*** EXERCISE MATERIAL ***

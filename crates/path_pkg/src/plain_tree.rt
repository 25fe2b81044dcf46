//! Looking into a map of nodes.
ghost use Rattle.std.specs.Prelude.{◌≡◌, ◌⊎◌, ◌++◌, ◌∷◌, [], true, map, IfOk, OnOk, string_bytes};
ghost use Rattle.path_pkg.specs.Fault.{is_decided};
ghost use Rattle.std.specs.Option.{option_copied};
ghost use Rattle.path_pkg.specs.MapNodes.{nodes_of};
ghost use Rattle.path_pkg.specs.Resolved.{target_node, dir_prefix, is_within, paths_below};
ghost use Rattle.path_pkg.specs.Told.{IsInByteOrder};
ghost use Rattle.path_pkg.specs.Tree.{node_at, kind_of, link_of};

use crate::fault::{PackError, TreeFault};
use crate::link_lookup::LinkLookup;
use crate::node::{Kind, Node};
use crate::place::text;
use crate::simplify::simplified;
use std::alloc::{AllocError, Global};
use std::collections::BTreeMap;

/// The node whose path is this text.
pub(crate) fn node<'a>(nodes: &'a BTreeMap<String, Node>, path: &str) -> Option<&'a Node>
    ensures { option_copied result ≡ node_at (nodes_of nodes.now.entries) path.now }
{
    nodes.get(path)
}

/// The kind of a node.
pub(crate) fn kind_of(node: Option<&Node>) -> Kind
    ensures { result ≡ kind_of (option_copied node.entry) }
{
    match node {
        None => Kind::None,
        Some(Node::Dir) => Kind::Dir,
        Some(Node::File(_)) => Kind::File,
        Some(Node::Link(_)) => Kind::Link,
        Some(Node::Other) => Kind::Other,
    }
}

/// The target, where the node is a link.
pub(crate) fn link_of<'a>(node: Option<&'a Node>) -> Option<&'a str>
    ensures { option_copied result ≡ link_of (option_copied node.entry) }
{
    match node {
        None => None,
        Some(Node::Dir) => None,
        Some(Node::File(_)) => None,
        Some(Node::Link(target)) => Some(target.get()),
        Some(Node::Other) => None,
    }
}

/// The paths of a map are in byte order. It does nothing when it runs.
pub(crate) fn in_byte_order(nodes: &BTreeMap<String, Node>)
    ensures { IsInByteOrder (nodes_of nodes.now.entries) }
{
    let _ = nodes.len();
}

/// A map of nodes, of which as much may be asked as one likes.
#[derive(Drop)]
struct PlainTree<'a> {
    alloc: Global,
    nodes: &'a BTreeMap<String, Node>,
}

impl LinkLookup for PlainTree<'_> {
    ghost use Rattle.std.specs.Prelude.{Some};
    ghost use Rattle.path_pkg.specs.MapNodes.{nodes_of};

    ghost told = { λ s. record { nodes = Some (nodes_of s.nodes.now.entries); faults = 0; misnamed = 0 } };

    fn is_link(&mut self, path: &str) -> Result<bool, TreeFault> {
        Ok(kind_of(node(self.nodes, path)) == Kind::Link)
    }

    fn link_target(&mut self, path: &str) -> Result<String, TreeFault> {
        match link_of(node(self.nodes, path)) {
            Some(target) => {
                let copy = String::from_str(self.alloc, target)?;
                Ok(copy)
            }
            None => unreachable!(),
        }
    }
}

/// Memory, and of no other refusal of a tree that never fails anything.
fn only_memory(fault: PackError) -> Result<(), AllocError>
    requires { (is_decided fault ≡ true) ⊎ (fault ≡ PackError.Memory) }
    ensures { IfOk result (λ _. is_decided fault ≡ true) }
{
    match fault {
        PackError::Memory => Err(AllocError),
        PackError::TreeFault => unreachable!(),
        PackError::SinkFault => unreachable!(),
        PackError::NotUtf8 => unreachable!(),
        PackError::NotAbsolute => Ok(()),
        PackError::NotDir => Ok(()),
        PackError::NotFile => Ok(()),
        PackError::LinkInParent => Ok(()),
        PackError::TooManyLinks => Ok(()),
        PackError::PathTooLong => Ok(()),
    }
}

/// The node that a path leads to, with each link followed.
pub(crate) fn target_node<'a>(
    alloc: Global,
    nodes: &'a BTreeMap<String, Node>,
    path: &str,
) -> Result<Option<&'a Node>, AllocError>
    ensures { IfOk result (λ node. option_copied node ≡ target_node (nodes_of nodes.now.entries) path.now) }
{
    let mut tree = PlainTree { alloc, nodes };
    match simplified(alloc, &mut tree, true, path) {
        Ok(place) => {
            let text = text(alloc, &place)?;
            Ok(node(nodes, text.as_str()))
        }
        Err(fault) => {
            only_memory(fault)?;
            Ok(None)
        }
    }
}

/// Whether a path lies below the directory of which all paths in it begin with this prefix.
pub(crate) fn is_within(prefix: &str, inner: &str) -> bool
    ensures { result ≡ is_within prefix.now inner.now }
{
    prefix.len() < inner.len() && inner.as_bytes().starts_with(prefix.as_bytes())
}

/// What the paths in a directory begin with.
pub(crate) fn dir_prefix(alloc: Global, path: &str) -> Result<String, AllocError>
    ensures { IfOk result (λ prefix. string_bytes prefix ≡ dir_prefix path.now) }
{
    let mut prefix = String::from_str(alloc, path)?;
    if path != "/" {
        prefix.push_str("/")?;
    }
    Ok(prefix)
}

/// The paths below a directory, in byte order.
pub(crate) fn paths_below(
    alloc: Global,
    nodes: &BTreeMap<String, Node>,
    path: &str,
) -> Result<Vec<String>, AllocError>
    ensures { IfOk result (λ v. map string_bytes v.items ≡ paths_below
        (nodes_of nodes.now.entries) path.now) }
{
    let prefix = dir_prefix(alloc, path)?;
    let mut paths = Vec::new(alloc);
    for (inner, _) in nodes {
        if is_within(prefix.as_str(), inner.as_str()) {
            push_copy(alloc, &mut paths, inner.as_str())?;
        }
    }
    Ok(paths)
}

fn push_copy(alloc: Global, paths: &mut Vec<String>, path: &str) -> Result<(), AllocError>
    ensures { OnOk result (map string_bytes paths.new.items ≡ map string_bytes paths.old.items ++ path.now
        ∷ []) }
{
    let copy = String::from_str(alloc, path)?;
    paths.push(copy)?;
    Ok(())
}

***

## ACTIVITY
Print exactly the line containing "push_copy(alloc, &mut paths, inner.as_str())?;" and every line after it through the end of the records above, and nothing else.

## SOLUTION TO THIS PROBLEM
            push_copy(alloc, &mut paths, inner.as_str())?;
        }
    }
    Ok(paths)
}

fn push_copy(alloc: Global, paths: &mut Vec<String>, path: &str) -> Result<(), AllocError>
    ensures { OnOk result (map string_bytes paths.new.items ≡ map string_bytes paths.old.items ++ path.now
        ∷ []) }
{
    let copy = String::from_str(alloc, path)?;
    paths.push(copy)?;
    Ok(())
}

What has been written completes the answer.